Presiden Prancis Emmanuel Macron menunda perjalanan ke Jerman yang akan dimulai pada hari Minggu setelah malam keempat kerusuhan di kota-kota di seluruh Prancis ketika keluarga dan teman menguburkan remaja yang pembunuhan polisinya memicu kerusuhan.
Keluarga Nahel M, 17 tahun keturunan Aljazair dan Maroko yang ditembak oleh seorang petugas polisi saat berhenti lalu lintas pada hari Selasa, mengadakan pemakaman pribadi di sebuah masjid di Nanterre, pinggiran kota Paris.
Bentrokan kekerasan berlanjut pada Jumat malam, meskipun sekitar 45.000 petugas polisi dikerahkan didukung oleh kendaraan lapis baja ringan, dan jumlah polisi yang sama akan kembali turun ke jalan pada Sabtu malam, menurut kementerian dalam negeri.
Kementerian mengatakan di Twitter bahwa 1.311 orang telah ditangkap dalam semalam, dibandingkan dengan 875 orang pada malam sebelumnya, meskipun ditambahkan bahwa kekerasan itu “intensitasnya lebih rendah”.
Menteri Kehakiman Eric Dupont-Moretti mengatakan 30 persen dari mereka yang ditahan berusia di bawah 18 tahun.
Penjarahan dan kerusuhan terjadi di kota Lyon, Marseille dan Grenoble dengan sekelompok pemuda menjarah toko, membakar dan melempari petugas dengan proyektil.
Menteri Keuangan Bruno Le Maire mengatakan lebih dari 700 toko, supermarket, restoran dan cabang bank telah “dijarah, dijarah dan kadang-kadang bahkan dibakar habis” sejak Selasa.
Para perusuh di Marseille, kota terbesar kedua di Prancis, menjarah sebuah toko senjata dan mencuri senapan berburu tetapi tidak ada amunisi, kata polisi.
Walikota Marseille, Benoit Payan, meminta pemerintah untuk mengirim pasukan tambahan untuk mengatasi “penjarahan dan kekerasan” setelah tiga petugas polisi terluka ringan pada hari Sabtu.
Acara termasuk dua konser di Stade de France di pinggiran Paris telah dibatalkan, sementara rumah mode milik LVMH Celine membatalkan pertunjukan pakaian pria 2024 pada hari Minggu, menurut Women’s Wear Daily.
Penyelenggara Tour de France mengatakan mereka siap beradaptasi dengan situasi apa pun saat balapan sepeda memasuki negara itu dari Spanyol pada Senin.
Kekerasan juga meletus di beberapa wilayah seberang laut Prancis, di mana seorang pria berusia 54 tahun meninggal Kamis malam setelah terkena peluru nyasar di Guyana Prancis.
Di pulau kecil Reunion di Samudra Hindia, pengunjuk rasa membakar tong sampah, melemparkan proyektil ke arah polisi dan merusak mobil serta bangunan, kata para pejabat. Sekitar 150 petugas polisi dikerahkan di sana pada Jumat malam.

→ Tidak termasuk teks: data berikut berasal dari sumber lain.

ghost use Rattle.std.specs.Prelude.{◌≡◌, ◌⊎◌, List, None, Some, false, map, string_bytes, true, ℕ};
ghost use Rattle.std.specs.Option.{option_copied};
ghost use Rattle.lq_base.specs.declared.identity.Identity.{Identity};
ghost use Rattle.lq_base.specs.declared.run.Why.{Why};
ghost use Rattle.lq_cli.specs.Line.{line_of};
ghost use Rattle.lq_cli.specs.declared.line.Job.TheVariants as job;
ghost use Rattle.lq_cli.specs.declared.line.Line.{Line};
ghost use Rattle.lq_commands.specs.Stamp.{stamp_of};
ghost use Rattle.lq_outside.specs.Forms.{Rose};
ghost use Rattle.lq_sources.specs.declared.fault.LoadFault.{LoadFault};
ghost use Rattle.lq_tell.specs.Lines.{status_lines};
ghost use Rattle.lq_tell.specs.Texts.{IsSilent};
ghost use Rattle.lq_tell.specs.declared.status.Status.TheVariants as status;
ghost use Rattle.lq_drills.specs.Players.{TakesSteps};
ghost use Rattle.lq_jobs.specs.Asks.{Asks, AsksInVain, HasFault, HasNoForm, HasNoPart, IsFaultOf, IsUsage, asked_tag, asks_drill};
ghost use Rattle.lq_jobs.specs.Bytes.{IsDamagedAt};
ghost use Rattle.lq_jobs.specs.Kinds.{ReadAtMostOnce, ReadUpTo};
ghost use Rattle.lq_drills.specs.Drilled.{AsksDrill, RunsDrill};
ghost use Rattle.lq_jobs.specs.Headline.{GoesBack, GoneBack, HasCleared, HasRehearsed, HasSynced, HasUpdated, IsTaken, Rehearses, LeavesMarked, RollbackResumes, UpdateResumes, TakesPartBack, UpdateMends};
ghost use Rattle.lq_jobs.specs.Jobs.{is_apart, misses};
ghost use Rattle.lq_jobs.specs.Run.{Crashes, EndsInVain, EndsUnread, IsDamage, IsLogged, IsLoggedInPart, IsSafe, IsUnread, OpensAtCrash, Runs, SparesDamage};
ghost use Rattle.lq_jobs.specs.Says.{ComesAgain, Said, SaidInPart, Warns, WarnsAtFull, WarnsAtFullInPart, WarnsInPart};
ghost use Rattle.lq_jobs.specs.Worked.{CrashesSnapshot, IsSnapshotSafe, RunsSnapshots, SnapshotOpens};
ghost use Rattle.lq_soak.specs.Soaked.{SaysSoak};
ghost use Rattle.lq_jobs.specs.Undone.{CrashesUndone, IsUndoneSafe, RunsUndone, UndoneOpens};

use crate::work::{Ending, work};
use laws_undo::laws::{parts_are_taken_back, undo_mends};
use lq_base::Text;
use lq_changelog::laws::what_is_given_is_for_the_dialect;
use lq_outside::{Clock, Disk, Files, Sink};
use lq_tell::{Status, tell};
use std::alloc::Global;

‘Kekerasan peniru’: Macron
Penembakan fatal itu, terekam dalam video, mengejutkan Prancis dan memicu ketegangan jangka panjang antara polisi, pemuda di proyek perumahan negara itu dan lingkungan yang kurang beruntung serta rasisme dalam masyarakat Prancis.
Macron, setelah bergegas kembali dari KTT Uni Eropa pada hari Jumat untuk memimpin pertemuan krisis, mengecam “eksploitasi kematian seorang remaja yang tidak dapat diterima” di beberapa tempat, tetapi dia tidak menyatakan keadaan darurat belum diumumkan. Dia mendesak orang tua untuk bertanggung jawab atas perusuh di bawah umur, sepertiga di antaranya “muda atau sangat muda”, katanya.
Dia berjanji untuk bekerja dengan platform media sosial untuk mengekang “kekerasan peniru” yang menyebar melalui layanan seperti TikTok dan Snapchat.
Pemerintah akan memperkenalkan prosedur untuk “penghapusan konten yang paling sensitif”, katanya, seraya menambahkan bahwa ia mengharapkan “semangat tanggung jawab” dari perusahaan teknologi.
Juru bicara Snapchat Rachel Racusen mengatakan perusahaan telah meningkatkan moderasi sejak Selasa untuk mendeteksi dan menanggapi konten terkait kerusuhan.
Menteri Dalam Negeri Prancis, Gerald Darmanin, menyerukan agar protes diakhiri, karena polisi itu tidak dibiarkan begitu saja.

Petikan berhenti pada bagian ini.